Morning Song

This late May morning, before the sunrise, the world is clothed in birds. They swoop, argue in the brush, sing and chatter. They are everywhere in sound and flight.

Above my study, under the second-floor eave of the house, for the fifth year a pair of barn swallows raises out its noisy brood. The parents forage nonstop. Upon their return, they rest on a telephone wire forty feet out from the nest, before diving in to drop a beetle into waiting mouths.

Throughout the various barns and outbuildings of the farm, countless other pairs are likewise nested. Together they provide one of my great delights, as they follow the tractor, swooping in elegant patterns, for unlucky and outmaneuvered insects.

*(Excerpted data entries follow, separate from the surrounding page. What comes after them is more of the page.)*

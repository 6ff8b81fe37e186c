//! Laws of attempts between their calls.
ghost use Rattle.relay_client.specs.Laws.{FollowedIsCourse, FollowedMayBeLost};

/// What an attempt has read and written, while it goes on, is a course without verdicts.
#[tactic(auto, using(crate::proofs::Theorems::followed_is_course))]
pub fn followed_is_course()
    ensures { FollowedIsCourse }
{}

/// Where its connection is lost then, each place may be tried again.
#[tactic(auto, using(crate::proofs::Theorems::followed_may_be_lost))]
pub fn followed_may_be_lost()
    ensures { FollowedMayBeLost }
{}
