ghost use Rattle.std.specs.Prelude.{◌≡◌, [], ◌++◌, ◌∷◌, IfOk, OnOk};

use relay_book::Verdict;
use std::alloc::{AllocError, Global};
use std::marker::Model;

/// The verdicts of an attempt, one for each of its places and in their order.
pub struct Verdicts {
    items: Vec<Verdict>,
}

// Written out, so that the proof of a caller that drops verdicts stops at this function.
impl Drop for Verdicts {
    fn drop(self) {
        let Verdicts { items: _items } = self;
    }
}

impl Model for Verdicts {
    ghost use Rattle.std.specs.Prelude.{List};
    ghost use Rattle.relay_book.specs.declared.change.Verdict.{Verdict};

    ghost Value = { List Verdict };

    ghost view = { λ verdicts. verdicts.items.items };
}

impl Verdicts {
    /// No verdict yet, and room for this many. Fails if memory runs out.
    pub(crate) fn with_capacity(alloc: Global, count: usize) -> Result<Self, AllocError>
        ensures { IfOk result (λ verdicts. verdicts ≡ []) }
    {
        Ok(Verdicts {
            items: Vec::with_capacity(alloc, count)?,
        })
    }

    /// Adds the verdict of the next place. Fails if memory runs out.
    pub(crate) fn push(&mut self, verdict: Verdict) -> Result<(), AllocError>
        ensures { OnOk result (self.new ≡ self.old ++ verdict ∷ []) }
    {
        self.items.push(verdict)?;
        Ok(())
    }

    /// Returns the verdicts, in the order of the places.
    pub fn as_slice(&self) -> &[Verdict]
        ensures { result.now ≡ self.now }
    {
        self.items.as_slice()
    }

    /// Returns the verdicts as a `Vec`, without memory.
    pub fn into_vec(self) -> Vec<Verdict>
        ensures { result.items ≡ self }
    {
        let Verdicts { items } = self;
        items
    }
}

At one end of the front porch, a pair of house sparrows nests in a birdhouse Cindy created. On the other, a duo of cardinals has made a home in the crape myrtle, while further out, mockingbirds nest in the muscadine vines.

This season also brings us brown thrashers, bluebirds, blue jays, hummingbirds, with their magnificently constructed nests in the apple trees, mourning doves among the crabapples, bobwhites calling from the overgrown fenceline. And then there are the countless others that only Cindy recognizes: “Oh, my gosh! Out back, up by the blueberries, those are indigo buntings — the first ones I’ve ever seen!” “Look, out the window, quick! It’s … an American goldfinch, a pileated woodpecker, an Eastern kingbird, a Cooper’s hawk. Too late, it’s gone,” she says, both sad and pleased for having witnessed its presence.

Each spring morning, after an hour or two of owning this time, my daily ritual ends. The sun pushes aside the songsters’ trilling and chirping to take up its own dominion. In a sleight-of-hand, the intensity from the early morning is diminished, as if the sun exercises some curious power, by illumination alone, over this sound, moving the birdsong to the background.